Check every line of the entries for "HostSide", and copy the lines that hold it.

-*-

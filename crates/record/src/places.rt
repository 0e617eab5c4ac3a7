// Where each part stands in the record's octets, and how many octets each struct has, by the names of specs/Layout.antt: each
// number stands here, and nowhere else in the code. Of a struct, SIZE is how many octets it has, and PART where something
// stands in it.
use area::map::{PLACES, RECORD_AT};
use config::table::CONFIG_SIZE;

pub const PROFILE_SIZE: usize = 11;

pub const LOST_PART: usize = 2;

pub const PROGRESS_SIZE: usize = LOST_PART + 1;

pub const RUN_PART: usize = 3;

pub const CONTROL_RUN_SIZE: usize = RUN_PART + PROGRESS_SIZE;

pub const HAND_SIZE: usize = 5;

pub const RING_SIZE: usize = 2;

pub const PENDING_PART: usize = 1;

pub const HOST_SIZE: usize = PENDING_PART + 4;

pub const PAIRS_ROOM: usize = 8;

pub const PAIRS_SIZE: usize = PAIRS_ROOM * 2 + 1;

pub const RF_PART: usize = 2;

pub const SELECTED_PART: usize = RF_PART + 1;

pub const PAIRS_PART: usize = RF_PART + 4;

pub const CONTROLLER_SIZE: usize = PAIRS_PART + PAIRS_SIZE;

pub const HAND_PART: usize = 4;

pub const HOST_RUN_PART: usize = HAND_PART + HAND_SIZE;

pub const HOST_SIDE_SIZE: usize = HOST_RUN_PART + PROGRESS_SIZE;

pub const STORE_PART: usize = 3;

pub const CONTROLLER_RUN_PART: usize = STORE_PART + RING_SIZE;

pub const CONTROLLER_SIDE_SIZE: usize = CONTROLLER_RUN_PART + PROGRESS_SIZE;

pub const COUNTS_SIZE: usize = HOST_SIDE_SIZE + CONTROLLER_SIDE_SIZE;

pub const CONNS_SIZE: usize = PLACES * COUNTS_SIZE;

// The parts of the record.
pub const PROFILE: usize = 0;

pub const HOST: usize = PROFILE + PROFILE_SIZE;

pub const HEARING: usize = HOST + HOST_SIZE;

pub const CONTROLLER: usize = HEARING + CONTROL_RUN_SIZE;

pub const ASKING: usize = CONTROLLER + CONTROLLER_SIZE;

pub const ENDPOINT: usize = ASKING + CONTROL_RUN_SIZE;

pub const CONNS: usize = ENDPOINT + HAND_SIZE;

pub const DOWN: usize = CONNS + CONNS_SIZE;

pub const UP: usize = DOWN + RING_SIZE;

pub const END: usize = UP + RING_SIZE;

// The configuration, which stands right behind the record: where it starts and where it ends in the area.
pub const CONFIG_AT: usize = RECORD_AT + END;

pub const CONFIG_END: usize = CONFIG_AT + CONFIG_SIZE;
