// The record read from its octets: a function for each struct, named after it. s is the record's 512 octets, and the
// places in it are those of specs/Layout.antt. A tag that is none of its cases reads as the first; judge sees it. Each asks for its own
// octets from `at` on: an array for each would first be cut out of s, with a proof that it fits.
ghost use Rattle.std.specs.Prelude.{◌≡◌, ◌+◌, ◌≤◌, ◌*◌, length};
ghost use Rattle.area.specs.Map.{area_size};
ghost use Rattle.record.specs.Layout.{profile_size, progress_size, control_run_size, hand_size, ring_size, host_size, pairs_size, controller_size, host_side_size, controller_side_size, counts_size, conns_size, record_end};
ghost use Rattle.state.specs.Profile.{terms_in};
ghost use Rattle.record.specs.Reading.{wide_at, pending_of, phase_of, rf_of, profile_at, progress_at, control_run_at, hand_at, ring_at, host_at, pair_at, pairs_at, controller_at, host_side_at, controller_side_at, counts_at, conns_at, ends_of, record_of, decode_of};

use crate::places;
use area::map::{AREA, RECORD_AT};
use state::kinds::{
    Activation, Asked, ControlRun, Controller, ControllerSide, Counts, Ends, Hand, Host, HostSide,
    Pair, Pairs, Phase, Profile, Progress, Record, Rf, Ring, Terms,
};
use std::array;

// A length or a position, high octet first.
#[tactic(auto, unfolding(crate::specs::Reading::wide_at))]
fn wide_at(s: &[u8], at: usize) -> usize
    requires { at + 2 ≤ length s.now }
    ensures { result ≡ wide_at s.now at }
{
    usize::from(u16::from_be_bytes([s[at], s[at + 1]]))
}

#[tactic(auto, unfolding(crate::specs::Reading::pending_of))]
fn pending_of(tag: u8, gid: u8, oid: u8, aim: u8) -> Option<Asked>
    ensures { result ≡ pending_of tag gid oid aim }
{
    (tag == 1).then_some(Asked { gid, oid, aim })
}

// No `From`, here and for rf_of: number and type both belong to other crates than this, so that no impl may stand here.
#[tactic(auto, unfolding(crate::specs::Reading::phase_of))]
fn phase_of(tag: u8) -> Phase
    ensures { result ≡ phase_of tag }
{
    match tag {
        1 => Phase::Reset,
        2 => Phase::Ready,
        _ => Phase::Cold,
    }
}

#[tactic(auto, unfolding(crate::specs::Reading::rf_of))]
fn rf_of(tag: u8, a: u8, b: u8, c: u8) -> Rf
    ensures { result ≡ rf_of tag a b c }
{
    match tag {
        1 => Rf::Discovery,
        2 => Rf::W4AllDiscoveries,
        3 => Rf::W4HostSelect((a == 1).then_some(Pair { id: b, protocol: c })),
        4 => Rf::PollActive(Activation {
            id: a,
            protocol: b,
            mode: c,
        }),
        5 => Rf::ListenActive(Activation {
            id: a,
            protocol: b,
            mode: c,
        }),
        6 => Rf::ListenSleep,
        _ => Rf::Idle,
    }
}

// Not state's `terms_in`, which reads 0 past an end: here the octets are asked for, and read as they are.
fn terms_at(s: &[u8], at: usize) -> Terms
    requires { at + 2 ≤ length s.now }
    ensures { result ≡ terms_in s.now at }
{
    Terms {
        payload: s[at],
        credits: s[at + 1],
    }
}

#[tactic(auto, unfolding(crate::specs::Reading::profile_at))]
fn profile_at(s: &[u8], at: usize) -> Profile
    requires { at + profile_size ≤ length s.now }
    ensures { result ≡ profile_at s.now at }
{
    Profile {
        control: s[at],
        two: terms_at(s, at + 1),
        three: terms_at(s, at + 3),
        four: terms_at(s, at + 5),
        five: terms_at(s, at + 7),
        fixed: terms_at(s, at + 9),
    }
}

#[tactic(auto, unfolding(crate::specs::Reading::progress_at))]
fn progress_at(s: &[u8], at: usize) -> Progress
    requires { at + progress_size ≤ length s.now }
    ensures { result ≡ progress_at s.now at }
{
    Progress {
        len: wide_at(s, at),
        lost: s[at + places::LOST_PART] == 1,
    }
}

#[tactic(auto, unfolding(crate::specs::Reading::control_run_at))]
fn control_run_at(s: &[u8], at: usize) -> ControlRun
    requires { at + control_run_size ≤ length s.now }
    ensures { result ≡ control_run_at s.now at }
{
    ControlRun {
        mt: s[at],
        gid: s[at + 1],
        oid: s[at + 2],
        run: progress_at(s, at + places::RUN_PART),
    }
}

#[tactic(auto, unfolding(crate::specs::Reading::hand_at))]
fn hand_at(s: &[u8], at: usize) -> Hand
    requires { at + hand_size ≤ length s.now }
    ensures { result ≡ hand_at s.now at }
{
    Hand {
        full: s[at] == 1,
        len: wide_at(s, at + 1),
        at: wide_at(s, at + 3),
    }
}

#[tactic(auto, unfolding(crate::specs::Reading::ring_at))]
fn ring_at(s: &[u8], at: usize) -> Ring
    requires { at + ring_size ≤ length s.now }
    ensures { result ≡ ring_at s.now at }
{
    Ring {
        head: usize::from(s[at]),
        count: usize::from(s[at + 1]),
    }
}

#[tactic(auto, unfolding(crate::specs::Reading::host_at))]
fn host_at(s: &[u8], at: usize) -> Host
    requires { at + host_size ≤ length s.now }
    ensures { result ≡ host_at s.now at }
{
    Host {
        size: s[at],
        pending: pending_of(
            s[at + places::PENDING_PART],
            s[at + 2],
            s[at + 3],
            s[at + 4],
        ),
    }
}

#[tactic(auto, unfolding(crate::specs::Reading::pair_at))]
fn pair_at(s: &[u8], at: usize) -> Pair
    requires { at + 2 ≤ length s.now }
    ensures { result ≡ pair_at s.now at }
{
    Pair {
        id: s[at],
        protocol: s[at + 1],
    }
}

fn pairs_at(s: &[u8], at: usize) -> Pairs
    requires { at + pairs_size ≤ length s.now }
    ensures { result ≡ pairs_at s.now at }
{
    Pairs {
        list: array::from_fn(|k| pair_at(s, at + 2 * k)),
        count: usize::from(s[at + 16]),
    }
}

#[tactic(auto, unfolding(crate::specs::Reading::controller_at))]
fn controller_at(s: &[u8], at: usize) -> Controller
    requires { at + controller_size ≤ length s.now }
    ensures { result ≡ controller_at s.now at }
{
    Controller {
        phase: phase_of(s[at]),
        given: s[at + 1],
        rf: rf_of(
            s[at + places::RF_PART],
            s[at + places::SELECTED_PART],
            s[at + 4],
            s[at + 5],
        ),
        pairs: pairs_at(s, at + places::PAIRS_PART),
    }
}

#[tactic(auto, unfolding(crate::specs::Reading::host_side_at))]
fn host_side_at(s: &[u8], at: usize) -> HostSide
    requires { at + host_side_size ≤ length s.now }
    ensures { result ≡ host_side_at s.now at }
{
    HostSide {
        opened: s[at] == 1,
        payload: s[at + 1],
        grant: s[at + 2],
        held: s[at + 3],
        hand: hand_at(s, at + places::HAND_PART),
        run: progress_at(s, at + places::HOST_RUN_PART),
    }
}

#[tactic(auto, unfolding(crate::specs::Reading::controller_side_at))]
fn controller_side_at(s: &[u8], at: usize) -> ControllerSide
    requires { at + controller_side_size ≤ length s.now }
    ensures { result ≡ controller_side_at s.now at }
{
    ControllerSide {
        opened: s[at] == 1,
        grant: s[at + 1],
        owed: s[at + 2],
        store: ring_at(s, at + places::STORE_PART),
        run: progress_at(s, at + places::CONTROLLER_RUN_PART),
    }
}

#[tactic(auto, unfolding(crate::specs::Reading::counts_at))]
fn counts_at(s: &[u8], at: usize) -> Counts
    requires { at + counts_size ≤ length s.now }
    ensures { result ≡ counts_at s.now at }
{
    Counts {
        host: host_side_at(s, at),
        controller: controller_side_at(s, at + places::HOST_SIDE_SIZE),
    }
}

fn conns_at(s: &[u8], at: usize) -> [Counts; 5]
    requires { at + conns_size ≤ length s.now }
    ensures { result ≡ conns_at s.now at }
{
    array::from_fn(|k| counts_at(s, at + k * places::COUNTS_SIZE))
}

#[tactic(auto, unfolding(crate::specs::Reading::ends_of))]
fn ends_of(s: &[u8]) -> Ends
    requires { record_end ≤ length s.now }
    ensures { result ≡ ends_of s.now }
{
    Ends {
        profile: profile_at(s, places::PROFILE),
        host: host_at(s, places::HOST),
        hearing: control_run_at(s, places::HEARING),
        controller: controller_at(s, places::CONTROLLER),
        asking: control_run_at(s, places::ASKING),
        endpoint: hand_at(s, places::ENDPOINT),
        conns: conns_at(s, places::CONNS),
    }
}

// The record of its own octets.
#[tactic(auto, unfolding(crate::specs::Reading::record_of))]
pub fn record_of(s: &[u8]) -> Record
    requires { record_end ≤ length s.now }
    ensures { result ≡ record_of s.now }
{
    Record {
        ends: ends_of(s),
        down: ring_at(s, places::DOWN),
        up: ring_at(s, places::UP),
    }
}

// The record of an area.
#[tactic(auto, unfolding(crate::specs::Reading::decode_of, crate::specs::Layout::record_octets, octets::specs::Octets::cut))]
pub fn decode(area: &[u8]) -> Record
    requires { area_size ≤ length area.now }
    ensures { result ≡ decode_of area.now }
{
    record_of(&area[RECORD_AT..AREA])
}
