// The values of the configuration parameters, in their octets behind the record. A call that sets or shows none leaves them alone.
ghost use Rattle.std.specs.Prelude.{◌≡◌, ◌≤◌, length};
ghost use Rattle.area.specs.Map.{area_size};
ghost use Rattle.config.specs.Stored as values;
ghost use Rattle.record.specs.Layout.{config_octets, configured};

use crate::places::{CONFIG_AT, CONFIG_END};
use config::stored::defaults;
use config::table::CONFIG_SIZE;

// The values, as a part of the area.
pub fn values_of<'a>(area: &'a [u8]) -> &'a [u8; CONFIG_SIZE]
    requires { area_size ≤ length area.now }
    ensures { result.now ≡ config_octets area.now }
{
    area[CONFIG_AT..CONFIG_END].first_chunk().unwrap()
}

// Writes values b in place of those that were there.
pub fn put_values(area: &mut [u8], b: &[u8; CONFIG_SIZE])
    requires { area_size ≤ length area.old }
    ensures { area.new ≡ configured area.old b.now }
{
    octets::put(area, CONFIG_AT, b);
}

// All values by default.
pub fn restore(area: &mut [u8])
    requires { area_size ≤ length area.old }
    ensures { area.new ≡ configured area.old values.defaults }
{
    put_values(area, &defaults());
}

-*-

■ **Your solution**
    Activation, Asked, ControlRun, Controller, ControllerSide, Counts, Ends, Hand, Host, HostSide,
fn host_side_at(s: &[u8], at: usize) -> HostSide
    HostSide {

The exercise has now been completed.